# WORK REQUEST
From the very first line down to the line containing "const EVERY_KIND: &[u8]", write out the material exactly as it appears, and no more.

# EXERCISE MATERIALS
########

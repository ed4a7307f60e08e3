//! Sites in lines, read, written again or refused.

use cable_text::{Lines, MemorySink, MemorySource};
use site_model::{SiteCode, SiteFault};
use site_text::*;
use std::alloc::Global;
use std::test::Fail;

const EVERY_KIND: &[u8] =
    b"site 1\nmode strings\ntype 200 100\ntype 400 170\nsubstation North 0 0 4 10000\nturbine T1 0 1000 100\nturbine T2 -300 1400 100\nbend K 200 500\nobstacle 4\ncorner -100 400\ncorner 100 400\ncorner 100 600\ncorner -100 600\ncharge K T1 7500\nclosed North T2\nend site\n";

/// The fault of a text, if it has one.
fn fault_of(alloc: Global, text: &[u8]) -> Result<Option<SiteFault>, Fail> {
    let mut source = MemorySource::new(Vec::from_slice(alloc, text)?, 64, Vec::new(alloc));
    let mut lines = Lines::new(alloc)?;
    match read_site(alloc, &mut lines, &mut source) {
        Ok(_) => Ok(None),
        Err(fault) => Ok(Some(fault)),
    }
}

/// A refusal.
fn refusal(code: SiteCode, place: u64, broken_line: bool) -> Option<SiteFault> {
    Some(SiteFault::Refused {
        code,
        place,
        broken_line,
    })
}

#[test]
fn a_site_of_every_kind_of_line_is_read_and_written_again(rt: HostRuntime) -> Result<(), Fail> {
    let alloc = rt.alloc();
    let mut source = MemorySource::new(Vec::from_slice(alloc, EVERY_KIND)?, 7, Vec::new(alloc));
    let mut lines = Lines::new(alloc)?;
    let site = read_site(alloc, &mut lines, &mut source)?;
    let mut sink = MemorySink::new(alloc, 512, Vec::new(alloc))?;
    write_site(&site, &mut sink)?;
    assert_eq!(rt; sink.taken(), EVERY_KIND);
    Ok(())
}

#[test]
fn a_fault_has_the_first_code_of_its_line(rt: HostRuntime) -> Result<(), Fail> {
    let alloc = rt.alloc();
    for (text, code, place, broken_line) in [
        (b"".as_slice(), SiteCode::Form, 1, true),
        (b"site 2\n".as_slice(), SiteCode::Range, 1, false),
        (b"site x\n".as_slice(), SiteCode::Shape, 1, false),
        (
            b"site 1\nmode forest\n".as_slice(),
            SiteCode::Shape,
            2,
            false,
        ),
        (
            b"site 1\nmode tree\nend site\n".as_slice(),
            SiteCode::Form,
            3,
            false,
        ),
        (
            b"site 1\nmode tree\nturbine A x 0 100\n".as_slice(),
            SiteCode::Form,
            3,
            false,
        ),
        (
            b"site 1\nmode tree\ntype 400 1\nsubstation S 0 0 4 10000\nturbine A 007 0 100\nend site\n".as_slice(),
            SiteCode::Shape,
            5,
            false,
        ),
        (
            b"site 1\nmode tree\ntype 400 1\nsubstation S 0 0 4 10000\nturbine A 007 0 100".as_slice(),
            SiteCode::Form,
            5,
            true,
        ),
        (
            b"site 1\nmode tree\ntype 400 1\nsubstation S 0 0 4 10000\nturbine A 1000001 0 100\nend site\n".as_slice(),
            SiteCode::Range,
            5,
            false,
        ),
        (
            b"site 1\nmode tree\ntype 400 1\nsubstation S 0 0 4 10000\nturbine A 1000000000000000000000000000000000000000000 0 100\n".as_slice(),
            SiteCode::Range,
            5,
            false,
        ),
        (
            b"site 1\nmode tree\ntype 400 1\nsubstation S 0 0 4 10000\nturbine ABCDEFGHIJKLMNOPQ 0 1 100\n".as_slice(),
            SiteCode::BadName,
            5,
            false,
        ),
        (
            b"site 1\nmode tree\ntype 400 1\nsubstation S 0 0 4 10000\nturbine A 0 0 100\n".as_slice(),
            SiteCode::SamePlace,
            5,
            false,
        ),
        (
            b"site 1\nmode tree\ntype 400 1\nsubstation S 0 0 4 10000\nturbine A 0 9 100\nclosed A X\n".as_slice(),
            SiteCode::UnknownName,
            6,
            false,
        ),
        (
            b"site 1\nmode tree\ntype 400 1\nsubstation S 0 0 4 10000\nturbine A 0 9 100\ncharge A S 1\nclosed S A\n".as_slice(),
            SiteCode::SamePair,
            7,
            false,
        ),
        (
            b"site 1\nmode tree\ntype 400 1\nsubstation S 0 0 4 10000\nobstacle 3\ncorner -9 -9\ncorner 9 -9\ncorner 0 9\nend site\n".as_slice(),
            SiteCode::InObstacle,
            8,
            false,
        ),
        (
            b"site 1\nmode tree\ntype 400 1\nobstacle 3\ncorner -9 -9\nend site\n".as_slice(),
            SiteCode::Form,
            6,
            false,
        ),
    ] {
        assert_eq!(rt; fault_of(alloc, text)?, refusal(code, place, broken_line));
    }
    Ok(())
}

#[test]
fn a_line_has_at_most_4096_bytes(rt: HostRuntime) -> Result<(), Fail> {
    let alloc = rt.alloc();
    let mut text = vec![in alloc; b'x'; 4_097]?;
    assert_eq!(rt;
        fault_of(alloc, text.as_slice())?,
        refusal(SiteCode::TooLong, 1, true)
    );
    text[4_096] = b'\n';
    assert_eq!(rt;
        fault_of(alloc, text.as_slice())?,
        refusal(SiteCode::Form, 1, false)
    );
    Ok(())
}

#[test]
fn the_257th_point_is_one_too_many(rt: HostRuntime) -> Result<(), Fail> {
    let alloc = rt.alloc();
    let mut text = Vec::from_slice(alloc, b"site 1\nmode tree\ntype 400 1\n")?;
    for x in 0..257u32 {
        let line = format!(in alloc; "bend b{x} {x} 0\n")?;
        text.extend_from_slice(line.as_bytes())?;
    }
    assert_eq!(rt;
        fault_of(alloc, text.as_slice())?,
        refusal(SiteCode::TooMany, 260, false)
    );
    Ok(())
}

#[test]
fn a_source_that_fails_is_no_refusal(rt: HostRuntime) -> Result<(), Fail> {
    let alloc = rt.alloc();
    let fails = Vec::from_slice(alloc, &[2])?;
    let mut source = MemorySource::new(Vec::from_slice(alloc, EVERY_KIND)?, 64, fails);
    let mut lines = Lines::new(alloc)?;
    let fault = match read_site(alloc, &mut lines, &mut source) {
        Ok(_) => None,
        Err(fault) => Some(fault),
    };
    assert_eq!(rt; fault, Some(SiteFault::Read));
    Ok(())
}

########

# COMPLETED EXERCISE
repository ed4a7307f60e08e3
//! Sites in lines, read, written again or refused.

use cable_text::{Lines, MemorySink, MemorySource};
use site_model::{SiteCode, SiteFault};
use site_text::*;
use std::alloc::Global;
use std::test::Fail;

const EVERY_KIND: &[u8] =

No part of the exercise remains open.